Nilson afirma que olhar para o problema da fome sob a óptica de apenas um dos fatores, como a renda, é um problema. Para ele, o Auxílio Brasil é uma “versão terrível de uma política pública séria voltada para a assistência social” e, sozinho, não resolve o problema da fome no Brasil.
“A fome é um fenômeno social, não individual. E, como tal, ela deve ser encarada como o problema de um país que está se habituando a viver na desigualdade”, avalia Nilson. “É fundamental ter uma política de segurança alimentar combinada com uma política educacional”, complementa.
Para os especialistas, tratar deste problema complexo passa por dar mais incentivo e terra para pequenos produtores e reduzir os incentivos ao agronegócio. De acordo com um levantamento feito por Valter, a quantidade de terras brasileiras destinadas a produzir soja, milho e açúcar em 2000 era três vezes maior que a destinada a produzir arroz, feijão, todos os legumes e as cinco frutas mais consumidas no país. Hoje, é 11 vezes maior.
“Nós temos o dobro da quantidade de terra agricultável por habitante em relação à média mundial. Se existe um país no mundo que nessa situação, mesmo com pandemia, guerra na Ucrânia, que poderia e teria totais condições de não estar passando fome, é o Brasil”, afirma Valter.
Além da desigualdade na distribuição de terra, o Brasil também enfrenta outras desigualdades. A pesquisa da Rede Penssan mostra que seis em cada 10 lares chefiados por mulheres convivem com algum grau de insegurança alimentar. Metade dos lares chefiados por homens brancos estão em segurança alimentar, número que cai para 35% quando são pessoas pretas que chefiam a casa. A fome também é maior no Norte e no Nordeste brasileiros.

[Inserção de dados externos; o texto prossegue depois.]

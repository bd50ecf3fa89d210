//! Digests as RSASSA-PKCS1-v1_5 signs them.

ghost use Rattle.std.specs.Prelude.{refl};
ghost use Rattle.std.proofs.Common.{ap};
ghost use Rattle.x509_der.specs.Element.{element};
ghost use Rattle.x509_der.specs.laws.Structure.{structure_lawful, structure_element};
ghost use Rattle.x509_keys_parts.specs.DigestInfos.{digest_info_parts, digest_info_base, digest_info, digest_info_bytes};
ghost use Rattle.x509_keys_parts.specs.facts.DigestInfoFacts.{digest_info_of, digest_info_same, digest_info_agrees};

use crate::aes::AesParameters;
use crate::algorithm_identifier::AlgorithmIdentifier;
use crate::algorithm_parameters::AlgorithmIdentifierParameters;
use crate::ec_parameters::EcParameters;
use crate::hash_algorithm::HashAlgorithm;
use crate::rsassa_pss::{MaskGenAlgorithm, RsassaPssParams};
use std::alloc::{Allocator, Global};
use x509_der::parts::{
    Field, Join, One, Output, Reader, Ref, SEQUENCE_TAG, Sequence, Structure, Tagged,
    pass_sequence, read_sequence,
};
use x509_der::{CloneEq, FromDer, OctetStringAsn1, ReadError, SameEq, ToDer, TooLong};

/// A digest, and the algorithm that made it. Whether the digest is of the algorithm's length isn't asked.
///
/// # Encoding
/// `SEQUENCE { digestAlgorithm AlgorithmIdentifier, digest OCTET STRING }` (RFC 8017, 9.2).
#[derive(Drop)]
#[derive_where(Debug, PartialEq, Eq)]
#[derive_where(Clone; A: Copy)]
pub struct DigestInfo<A: Allocator = Global> {
    /// The algorithm of the digest.
    pub oid: AlgorithmIdentifier<A>,
    /// The digest.
    pub digest: OctetStringAsn1<A>,
}

impl<A: Allocator + Copy> CloneEq for DigestInfo<A> {
    ghost use Rattle.std.proofs.Common.{rules};

    ghost exact = { Prim.search (rules) };
}

impl<A: Allocator> SameEq for DigestInfo<A> {
    fn decides() {
        AlgorithmIdentifier::<A>::decides();
        OctetStringAsn1::<A>::decides();
    }
}

/// The fields as they stand in the SEQUENCE, owned or borrowed.
type Nest<I, O> = Tagged<Sequence, Join<I, One<O>>>;

/// The SEQUENCE, owned.
type Fields<A> = Nest<AlgorithmIdentifier<A>, OctetStringAsn1<A>>;

/// The fields, owned.
type Inner<A> = Join<AlgorithmIdentifier<A>, One<OctetStringAsn1<A>>>;

impl<A: Allocator> ToDer for DigestInfo<A> {
    ghost strict = { λ v. element 48 (digest_info_bytes (digest_info_parts v)) };

    fn put<O: Output>(&self, out: &mut [u8], at: usize) -> Result<usize, TooLong> {
        Nest::new(Join(Ref(&self.oid), One(Ref(&self.digest)))).put::<O>(out, at)
    }
}

impl<A: Allocator> Structure<Inner<A>> for DigestInfo<A> {
    ghost fields = { digest_info_parts };

    fn from_fields(parts: Inner<A>) -> Self {
        let Join(oid, One(digest)) = parts;
        DigestInfo { oid, digest }
    }

    ghost same = { digest_info_same };

    ghost made = { λ f. (digest_info_of f, refl) };
}

impl<A: Allocator + Copy> Field<A> for DigestInfo<A> {
    type Brief = ();

    ghost shape = { digest_info };

    ghost brief = { λ v. tt };

    ghost lawful = { λ h. structure_lawful digest_info_parts digest_info_base digest_info_same
        (⟦<Fields<A> as Field<A>>⟧.lawful (tt, tt, λ c h. refl)) };

    ghost elements = { λ h. structure_element digest_info_parts digest_info_base
        (⟦<Fields<A> as Field<A>>⟧.elements tt) };

    ghost agrees = { λ v. ap (element 48) (digest_info_agrees (digest_info_parts v)) };

    fn starts(byte: u8) -> bool {
        byte == SEQUENCE_TAG
    }

    fn known(&self) {
        self.oid.known();
        self.digest.known();
    }

    fn read(alloc: A, reader: &mut Reader<'_, A>) -> Result<Self, ReadError> {
        read_sequence::<Self, Inner<A>, A>(alloc, reader)
    }

    fn pass(alloc: A, reader: &mut Reader<'_, A>) -> Result<(), ReadError> {
        pass_sequence::<Self, Inner<A>, A>(alloc, reader)
    }
}

impl<A: Allocator + Copy> FromDer<A> for DigestInfo<A> {
    ghost stands_alone = { (tt, tt) };
}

Para os especialistas, todas as desigualdades – de gênero, raça, regional e outras – devem ser levadas em consideração na hora de se pensar em políticas públicas que combatam a fome.
“As inúmeras desigualdades estabelecem diálogos. Alguém pode explicar: olha, a fome em lares de pessoas negras é maior porque, em média, tem uma renda menor. Isso é uma verdade, mas não é só isso. Existe uma desigualdade peculiar porque existe o racismo e uma dificuldade de certas oportunidades por uma questão histórica, por um racismo estrutural. Por isso que várias outras políticas, como por exemplo cotas, parecem que não têm nada a ver, mas dialoga com essa questão, com esse outro nível de desigualdade”, explica Valter.